Comment 4 for bug 1506543

Revision history for this message
William Grant (wgrant) wrote :

The only scenario we've thoroughly tested is 3.13 on 3.19 on mcdivitts (Moonshot X-Genes). We haven't tested 3.19 in the guest enough to rule it out, and we need at least 3.19 on the host for guest UEFI support.

There's normally nothing in dmesg during the hang, though I did once see "Oct 15 09:59:07 dogfood-bos01-arm64-003 kernel: [ 3840.420637] INFO: task tcpdump:2023 blocked for more than 120 seconds." Once.

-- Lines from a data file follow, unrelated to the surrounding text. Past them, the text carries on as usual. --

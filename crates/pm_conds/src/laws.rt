//! Laws of conditions, and what the definitions say of short ones, each as the contract of a call that does nothing.
ghost use Rattle.pm_conds.specs.Examples.{OfVerdicts, OfNotes};
ghost use Rattle.pm_conds.specs.Notes.{NotesAreMeant};
ghost use Rattle.pm_meaning.specs.ConditionExamples.{OfLeads, OfTests, OfJudging};

use pm_meaning::laws::condition_examples;

/// Each answer has its verdict, and the definitions that this crate's contracts name say of some short conditions what
/// the manual does: what stands before a test, what the test asks, and what comes of all conditions of a recipe.
pub fn examples()
    ensures verdicts { OfVerdicts }
    ensures notes { OfNotes }
    ensures leads { OfLeads }
    ensures tests { OfTests }
    ensures judging { OfJudging }
{
    condition_examples();
}

/// The notes of conditions change nothing of what is judged.
#[tactic(auto, using(crate::proofs::NoteLemmas::notes_forgotten))]
pub fn notes_are_meant()
    ensures { NotesAreMeant }
{}
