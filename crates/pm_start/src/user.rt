//! The login name by which a program is run.
ghost use Rattle.std.specs.Prelude.{◌≡◌, nat_le, option_copied};
ghost use Rattle.std.specs.List.{list_all};
ghost use Rattle.pm_start.specs.Login.{value_in, is_login, login_name};

use pm_bytes::{Environ, Name};

/// The login name: LOGNAME of the environment, where it isn't empty and has no byte below 33, else `nobody`
/// (procmailrc(5), "Environment").
pub fn login(env: &Environ) -> &str
    ensures { result.now ≡ login_name env.now }
{
    match value_in_environment(env, b"LOGNAME") {
        Some(name) if can_log_in(name.as_str().as_bytes()) => name.as_str(),
        _ => "nobody",
    }
}

fn can_log_in(name: &[u8]) -> bool
    ensures { result ≡ is_login name.now }
{
    !name.is_empty() && has_no_blank(name)
}

// Whether the name has no blank and no control character.
fn has_no_blank(name: &[u8]) -> bool
    ensures { result ≡ list_all (λ byte. nat_le 33 byte) name.now }
{
    name.iter().all(|byte| 33 <= *byte)
}

// The value of the first pair of this name.
fn value_in_environment<'a>(env: &'a Environ, name: &[u8]) -> Option<&'a Name>
    ensures { option_copied result ≡ value_in env.now.vars name.now }
{
    for pair in env.vars.as_slice() {
        if name == pair.name.as_str().as_bytes() {
            return Some(&pair.value);
        }
    }
    None
}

I've never seen an instance totally hang, but our buildds more often than not get stuck in ntpdate:

socket(PF_INET, SOCK_DGRAM, IPPROTO_UDP) = 3
setsockopt(3, SOL_SOCKET, SO_REUSEADDR, [1], 4) = 0
fcntl(3, F_SETFL, O_RDONLY|O_NONBLOCK) = 0
socket(PF_INET6, SOCK_DGRAM, IPPROTO_UDP) = 4
setsockopt(4, SOL_SOCKET, SO_REUSEADDR, [1], 4) = 0
setsockopt(4, SOL_IPV6, IPV6_V6ONLY, [1], 4) = 0
fcntl(4, F_SETFL, O_RDONLY|O_NONBLOCK) = 0
rt_sigaction(SIGALRM, {0x557a3ad8d8, [], 0}, {SIG_DFL, [], 0}, 8) = 0
setitimer(ITIMER_REAL, {it_interval={0, 200000}, it_value={0, 100000}}, NULL) = 0
setpriority(PRIO_PROCESS, 0, 4294967284) = -1 EACCES (Permission denied)
ppoll([{fd=3, events=POLLIN}, {fd=4, events=POLLIN}], 2, {60, 0}, NULL, 0

The ppoll never returns despite having a 60s timeout set, and the 100ms timer never fires either. Other ntpdates also hang there, but general shell operations continue to work fine.

A non-buildd instance left for 24 hours had apache2 and various other daemons all stuck in epoll and similar.

I'll try to gather more logs and devise an easier reproducer than "run a buildd".